▶ Aim of the exercise:
One number is all that is asked for: the number of lines below that hold the string "greatest".

▶ Source material:
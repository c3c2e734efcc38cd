use dali_tree::{Fixes, Lam};

/// A node of the search, kept as what changes from the node above it.
#[derive(Drop)]
pub(crate) struct Node {
    /// The node of which it is a side; 0 at the root.
    pub(crate) above: u32,
    /// The fixes that are taken at the node.
    pub(crate) fixes: Fixes,
    /// How the node ends.
    pub(crate) end: NodeEnd,
}

/// How a node ends.
#[derive(Drop)]
pub(crate) enum NodeEnd {
    /// It may be branched: its multipliers give this bound, in centavos.
    Open {
        lam: Lam,
        bound: u64,
    },
    /// No set is left: this line is short.
    Pruned {
        line: u32,
    },
    /// It was branched by these multipliers: the place is chosen on the side inside, and left on the side outside.
    Branched {
        place: u32,
        lam: Lam,
        inside: u32,
        outside: u32,
    },
}

/// What a node and all below it have.
#[derive(Clone, Copy)]
pub(crate) struct Total {
    /// The greatest bound of an open node, or 0, in centavos.
    pub(crate) greatest: u64,
    /// How many nodes are branched.
    pub(crate) branches: u64,
}
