ghost use Rattle.std.specs.Prelude.{◌≡◌, ◌≢◌, ◌<◌, ◌++◌, [], ◌∷◌, pos, length, slice_get, option_copied, OnOk, OnErr, OnSome};
ghost use Rattle.dali_account.specs.Net.{IsNet, IsAfter};

use dali_base::{Name, OutOfMemory, Seq};
use std::alloc::Global;
use std::marker::Model;

/// A change of one balance: units of an asset that an account receives, or gives where the delta is negative.
#[derive(Clone, Copy, Debug, PartialEq, Eq)]
pub struct Move {
    pub account: Name,
    pub asset: Name,
    /// In units of the asset, centavos for `MXN`.
    pub delta: i64,
}

/// Moves in byte order of account, then of asset, each pair once and none of 0. Contracts see a plain list.
#[derive(Debug, Drop)]
pub struct Net {
    moves: Seq<Move>,
}

impl Model for Net {
    ghost use Rattle.std.specs.Prelude.{List};
    ghost use Rattle.dali_account.specs.declared.net.Move.{Move};
    ghost use Rattle.dali_account.specs.Net.{IsNet};

    ghost Value = { List Move };

    ghost view = { λ n. n.moves };

    ghost invariant = { λ n. IsNet n.moves };
}

impl Net {
    /// No moves. Takes no memory.
    pub fn new(alloc: Global) -> Net
        ensures { result ≡ [] }
    {
        Net {
            moves: Seq::new(alloc),
        }
    }

    /// Adds a move that stands after the last one and isn't of 0. At want of memory the net stays as it was.
    pub fn push(&mut self, item: Move) -> Result<(), OutOfMemory>
        requires after { IsAfter self.old item }
        requires change { item.delta ≢ pos 0 }
        ensures ok { OnOk result (self.new ≡ self.old ++ item ∷ []) }
        ensures err { OnErr result (self.new ≡ self.old) }
    {
        self.moves.push(item)?;
        Ok(())
    }

    /// The number of moves.
    pub fn len(&self) -> usize
        ensures len { result ≡ length self.now }
        ensures net { IsNet self.now }
    {
        // Looks at the moves first: what the type says of them is the clause `net`.
        let _moves = &self.moves;
        self.moves.len()
    }

    /// The moves as a slice.
    pub fn moves(&self) -> &[Move]
        ensures moves { result.now ≡ self.now }
        ensures net { IsNet self.now }
    {
        self.moves.as_slice()
    }

    /// The move at this place, counted from 0. `None` exactly where `at` isn't below the length.
    pub fn get(&self, at: usize) -> Option<&Move>
        ensures value { option_copied result ≡ slice_get self.now at }
        ensures within { OnSome result (at < length self.now) }
    {
        self.moves.get(at)
    }
}
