/// A memory of 64 bytes, which begins as the processor's does, with a word at the stack pointer.
pub fn memory(alloc: Global, word: u64) -> Result<Memory, AllocError> {
    let mut bytes = Vec::new(alloc);
    for k in 0u32..64 {
        bytes.push(((37 * k + 129) % 256) as u8)?;
    }
    let region = Region {
        start: BUFFER,
        bytes,
        write: true,
        exec: false,
    };
    let mut mem = Memory::new(alloc);
    if mem.has_room(region.start, region.bytes.len() as u64) {
        mem.add(region)?;
    }
    let _ = mem.store(STACK, Width::W64, word);
    Ok(mem)
}

fn flags_at(n: u64) -> XFlags {
    XFlags {
        cf: n & 1 != 0,
        zf: n & 2 != 0,
        sf: n & 4 != 0,
        of: n & 8 != 0,
    }
}

/// A processor at place 0x100 with clear flags.
pub fn cpu_of(rax: u64, rcx: u64, rdx: u64) -> Cpu {
    cpu_at(&[0x100, 0, rax, rcx, rdx, 0, 0, 0, 0, 0, 0, 0, 0, 0, 0, 0])
}

fn cpu_at(row: &[u64; 16]) -> Cpu {
    let af = AFlags {
        n: false,
        z: false,
        c: false,
        v: false,
    };
    let mut cpu = Cpu {
        x: [0; 31],
        sp: STACK,
        pc: row[0],
        xf: flags_at(row[1]),
        af,
    };
    cpu.set64(X64Reg::Rax, row[2]);
    cpu.set64(X64Reg::Rcx, row[3]);
    cpu.set64(X64Reg::Rdx, row[4]);
    cpu.set64(X64Reg::Rbx, row[5]);
    cpu
}

// The address that an event names; none after a fault.
fn way(event: XEvent, next: u64) -> Option<u64> {
    match event {
        XEvent::Next => Some(next),
        XEvent::Branch(to) | XEvent::Goto(to) | XEvent::CallTo(to) | XEvent::RetTo(to) => Some(to),
        XEvent::Fault(_) => None,
    }
}

/// Whether a row's instruction does what the processor did.
fn agrees(mem: &mut Memory, bytes: &[u8], row: &[u64; 16]) -> bool {
    let mut cpu = cpu_at(row);
    let Some((i, n)) = read(bytes) else {
        return false;
    };
    let event = step(&mut cpu, mem, &i, n);
    let target = row[0].wrapping_add(row[13]);
    way(event, row[0].wrapping_add(n)) == Some(target)
        && cpu.pc == target
        && cpu.get64(X64Reg::Rax) == row[7]
        && cpu.get64(X64Reg::Rcx) == row[8]
        && cpu.get64(X64Reg::Rdx) == row[9]
        && cpu.get64(X64Reg::Rbx) == row[10]
        && cpu.sp == row[11]
        && cpu.xf == flags_at(row[12])
        && mem.load(BUFFER + 16, Width::W64) == Ok(row[14])
        && mem.load(BUFFER + 24, Width::W64) == Ok(row[15])
}

#[test]
fn does_what_a_processor_does(rt: HostRuntime) -> Result<(), Fail> {
    for (bytes, row) in &ROWS {
        let mut mem = memory(rt.alloc(), row[6])?;
        assert!(rt; agrees(&mut mem, bytes, row), "{bytes:?}");
    }
    Ok(())
}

▶ Exercise output:
2